- Aim of the exercise: Pull out every line of the listing below where "IsGridPoint" appears.

- Source records:
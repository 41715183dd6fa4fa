//! Laws of the bytes of a page file, as functions without a body: each clause holds for all that it names.

ghost use Rattle.std.specs.Prelude.{◌≡◌, ◌≤◌, ◌<◌, ℕ, List, None, drop, length, take};
ghost use Rattle.dag_core.specs.declared.counts.Counts.{Counts};
ghost use Rattle.dag_core.specs.declared.dags.Dag.{Dag};
ghost use Rattle.dag_core.specs.declared.heads.Heads.{Heads};
ghost use Rattle.dag_core.specs.Pages.{tris_on};
ghost use Rattle.dag_core.specs.Ranges.{counts_of};
ghost use Rattle.dag_core.specs.TriangleRules.{IsLaidOut};
ghost use Rattle.page_codec.specs.declared.directories.Directory.{Directory};
ghost use Rattle.page_codec.specs.declared.pages.Page.{Page};
ghost use Rattle.page_codec.specs.Breaks.{first_directory_break, first_page_break};
ghost use Rattle.page_codec.specs.Fits.{FitsDirectory, FitsPage};
ghost use Rattle.page_codec.specs.Numbers.{IsBytes};
ghost use Rattle.page_codec.specs.Reading.{directory_of, header_of, page_of};
ghost use Rattle.page_codec.specs.Spelling.{directory_bytes, directory_in, directory_length, file_bytes, header_in, page_at, page_bytes, page_in};

use crate::sizes::HEADER_BYTES;
use geom_core::limits::{MAX_TRIANGLES, PAGE_BYTES, PAGE_TRIANGLES};

/// A page that fits its heads breaks no rule as it is spelt, and is what its spelling reads as.
pub fn pages_read_back()
    ensures no_break { (heads : Heads) (page : Page) → heads.sources ≤ MAX_TRIANGLES →
        FitsPage heads page → first_page_break heads page.number (page_bytes page) ≡ None }
    ensures page { (heads : Heads) (page : Page) → heads.sources ≤ MAX_TRIANGLES →
        FitsPage heads page → page_of heads page.number (page_bytes page) ≡ page }
{}

/// Two pages of one number that fit the heads and have one spelling are one page. Two texts without a break that
/// read as one page are one text.
pub fn one_page_spelling()
    ensures pages { (heads : Heads) (some other : Page) → heads.sources ≤ MAX_TRIANGLES →
        FitsPage heads some → FitsPage heads other → some.number ≡ other.number →
        page_bytes some ≡ page_bytes other → some ≡ other }
    ensures texts { (heads : Heads) (p : ℕ) (some other : List ℕ) →
        length some ≡ PAGE_BYTES → length other ≡ PAGE_BYTES → IsBytes some → IsBytes other →
        tris_on heads p ≤ PAGE_TRIANGLES →
        first_page_break heads p some ≡ None → first_page_break heads p other ≡ None →
        page_of heads p some ≡ page_of heads p other → some ≡ other }
{}

/// A directory that fits breaks no rule as it is spelt, and is what its spelling reads as.
pub fn directories_read_back()
    ensures no_break { (directory : Directory) → FitsDirectory directory →
        first_directory_break (counts_of directory.heads) (directory_bytes directory) ≡ None }
    ensures directory { (directory : Directory) → FitsDirectory directory →
        directory_of (counts_of directory.heads) (directory_bytes directory) ≡ directory }
{}

/// Two directories of the same counts that fit and have one spelling are one directory. Two texts without a break
/// that read as one directory are one text.
pub fn one_directory_spelling()
    ensures directories { (some other : Directory) → FitsDirectory some → FitsDirectory other →
        counts_of some.heads ≡ counts_of other.heads →
        directory_bytes some ≡ directory_bytes other → some ≡ other }
    ensures texts { (counts : Counts) (some other : List ℕ) →
        length some ≡ directory_length counts → length other ≡ directory_length counts →
        IsBytes some → IsBytes other →
        first_directory_break counts some ≡ None → first_directory_break counts other ≡ None →
        directory_of counts some ≡ directory_of counts other → some ≡ other }
{}

/// The header, the directory and each page of a laid-out DAG's file read back what the DAG holds.
pub fn files_read_back()
    ensures header { (dag : Dag) → IsLaidOut dag →
        header_of (take HEADER_BYTES (file_bytes dag)) ≡ header_in dag }
    ensures directory { (dag : Dag) → IsLaidOut dag →
        directory_of (counts_of dag.heads) (take (directory_length (counts_of dag.heads))
        (drop HEADER_BYTES (file_bytes dag))) ≡ directory_in dag }
    ensures page { (dag : Dag) → IsLaidOut dag → (p : ℕ) → p < dag.heads.pages →
        page_of dag.heads p (take PAGE_BYTES (drop (page_at (counts_of dag.heads) p)
        (file_bytes dag))) ≡ page_in dag p }
{}
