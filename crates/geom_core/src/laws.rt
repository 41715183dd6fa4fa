//! Laws of edge sums, collapses and limits, as functions without a body: each clause holds for all
//! that it names.

ghost use Rattle.std.specs.Prelude.{◌≡◌, ◌≢◌, ◌<◌, ◌≤◌, ◌⊎◌, ◌↔◌, ◌&&◌, IsTrue, ◌^◌};
ghost use Rattle.std.specs.Prelude.{ℤ, pos, ◌+ℤ◌, neg_ℤ};
ghost use Rattle.std.specs.Prelude.{List, [], ◌∷◌, ◌++◌, length, map, filter, All, Any};
ghost use Rattle.std.specs.List.Sorted.{IsPermutation};
ghost use Rattle.geom_core.specs.declared.limits.TheConstants.{TRIANGLES_PER_CLUSTER, TRIANGLE_BITS};
ghost use Rattle.geom_core.specs.declared.points.Pt.{Pt};
ghost use Rattle.geom_core.specs.declared.triangles.Tri.{Tri};
ghost use Rattle.geom_core.specs.EdgeSum.{edge_sum, is_rim_edge, OnRim};
ghost use Rattle.geom_core.specs.Limits.{has_distinct_corners, IsGridPoint, IsGridTriangle};
ghost use Rattle.geom_core.specs.Corners.{has_corner, IsCornerIn};
ghost use Rattle.geom_core.specs.Collapses.{replaced, collapsed};

/// The sum of a joined list is the sum of the two lists' sums.
pub fn joined_lists_add_edge_sums()
    ensures { (some more : List Tri) (u v : Pt) → edge_sum (some ++ more) u v ≡
        edge_sum some u v +ℤ edge_sum more u v }
{}

/// A triangle with two equal corners adds nothing: its edges cancel.
pub fn equal_corners_cancel()
    ensures first { (t : Tri) (u v : Pt) → t.a ≡ t.b → edge_sum (t ∷ []) u v ≡ pos 0 }
    ensures second { (t : Tri) (u v : Pt) → t.b ≡ t.c → edge_sum (t ∷ []) u v ≡ pos 0 }
    ensures third { (t : Tri) (u v : Pt) → t.c ≡ t.a → edge_sum (t ∷ []) u v ≡ pos 0 }
{}

/// Turning an edge round changes its sum's sign; so the sum from a point to itself is 0.
pub fn turned_edges_change_sign()
    ensures turned { (tris : List Tri) (u v : Pt) → edge_sum tris v u ≡ neg_ℤ (edge_sum tris u v) }
    ensures same { (tris : List Tri) (u : Pt) → edge_sum tris u u ≡ pos 0 }
{}

/// The order of the triangles doesn't matter.
pub fn moved_triangles_keep_edge_sums()
    ensures { (tris moved : List Tri) (u v : Pt) → IsPermutation tris moved →
        edge_sum moved u v ≡ edge_sum tris u v }
{}

/// Replacing the point a by another point b leaves no sum at a. The sum between b and a third point
/// is then the sum of the two that were between b, or a, and that point. All other sums stay.
pub fn replacing_moves_edge_sums()
    ensures from_replaced { (a b v : Pt) (tris : List Tri) → a ≢ b →
        edge_sum (map (replaced a b) tris) a v ≡ pos 0 }
    ensures to_replaced { (a b u : Pt) (tris : List Tri) → a ≢ b →
        edge_sum (map (replaced a b) tris) u a ≡ pos 0 }
    ensures from_target { (a b v : Pt) (tris : List Tri) → a ≢ b → v ≢ a → v ≢ b →
        edge_sum (map (replaced a b) tris) b v ≡ edge_sum tris b v +ℤ edge_sum tris a v }
    ensures to_target { (a b u : Pt) (tris : List Tri) → a ≢ b → u ≢ a → u ≢ b →
        edge_sum (map (replaced a b) tris) u b ≡ edge_sum tris u b +ℤ edge_sum tris u a }
    ensures target_itself { (a b : Pt) (tris : List Tri) →
        edge_sum (map (replaced a b) tris) b b ≡ pos 0 }
    ensures elsewhere { (a b u v : Pt) (tris : List Tri) → u ≢ a → u ≢ b → v ≢ a → v ≢ b →
        edge_sum (map (replaced a b) tris) u v ≡ edge_sum tris u v }
{}

/// Leaving out the triangles with two equal corners changes no sum.
pub fn flat_triangles_add_nothing()
    ensures { (tris : List Tri) (u v : Pt) →
        edge_sum (filter has_distinct_corners tris) u v ≡ edge_sum tris u v }
{}

/// A collapse of a point that isn't on the rim changes no sum, and so neither the edges nor the
/// points of the rim.
pub fn collapses_keep_edge_sums()
    ensures sums { (a b u v : Pt) (tris : List Tri) → (OnRim tris a → ⊥) →
        edge_sum (collapsed a b tris) u v ≡ edge_sum tris u v }
    ensures rim_edges { (a b u v : Pt) (tris : List Tri) → (OnRim tris a → ⊥) →
        is_rim_edge (collapsed a b tris) u v ≡ is_rim_edge tris u v }
    ensures rim_points { (a b p : Pt) (tris : List Tri) → (OnRim tris a → ⊥) →
        (OnRim (collapsed a b tris) p ↔ OnRim tris p) }
{}

/// A collapse of a to b adds no corner but b, and if they differ leaves none at a.
pub fn collapses_move_one_corner()
    ensures only_target { (a b p : Pt) (tris : List Tri) → IsCornerIn (collapsed a b tris) p →
        (p ≡ b) ⊎ IsCornerIn tris p }
    ensures replaced_corner { (a b : Pt) (tris : List Tri) → a ≢ b →
        IsCornerIn (collapsed a b tris) a → ⊥ }
{}

/// A collapse leaves no more triangles than there were, and fewer if some triangle has both points
/// as corners, as along an edge.
pub fn collapses_leave_fewer_triangles()
    ensures at_most { (a b : Pt) (tris : List Tri) → length (collapsed a b tris) ≤ length tris }
    ensures fewer { (a b : Pt) (tris : List Tri) → a ≢ b →
        Any (λ t. IsTrue (has_corner a t && has_corner b t)) tris →
        length (collapsed a b tris) < length tris }
{}

/// Triangles of a mesh collapse to triangles of a mesh, if the target is a point of a mesh, as each
/// corner of these triangles is.
pub fn collapses_keep_grid_triangles()
    ensures collapsed { (a b : Pt) (tris : List Tri) → IsGridPoint b → All IsGridTriangle tris →
        All IsGridTriangle (collapsed a b tris) }
    ensures corner { (p : Pt) (tris : List Tri) → IsCornerIn tris p → All IsGridTriangle tris →
        IsGridPoint p }
{}

/// The lowest `TRIANGLE_BITS` bits of a picture's word number the triangles of a cluster.
pub fn triangle_bits_number_a_cluster()
    ensures { 2 ^ TRIANGLE_BITS ≡ TRIANGLES_PER_CLUSTER }
{}
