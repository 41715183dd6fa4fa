/// Changes bytes as a text says: a place, then the bytes from there on, and so on after each comma. `None` if it is
/// no such text, or a place lies outside.
pub(crate) fn patch(bytes: &mut [u8], changes: &str) -> Option<()> {
    for change in changes.split(',') {
        put(bytes, change)?;
    }
    Some(())
}

/// Changes bytes from one place on.
fn put(bytes: &mut [u8], change: &str) -> Option<()> {
    let mut words = change.split_whitespace();
    let mut at = words.next()?.parse::<usize>().ok()?;
    for word in words {
        if at >= bytes.len() {
            return None;
        }
        bytes[at] = word.parse::<u8>().ok()?;
        at += 1;
    }
    Some(())
}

- Problem solution:
ghost use Rattle.geom_core.specs.Limits.{has_distinct_corners, IsGridPoint, IsGridTriangle};
    ensures collapsed { (a b : Pt) (tris : List Tri) → IsGridPoint b → All IsGridTriangle tris →
        IsGridPoint p }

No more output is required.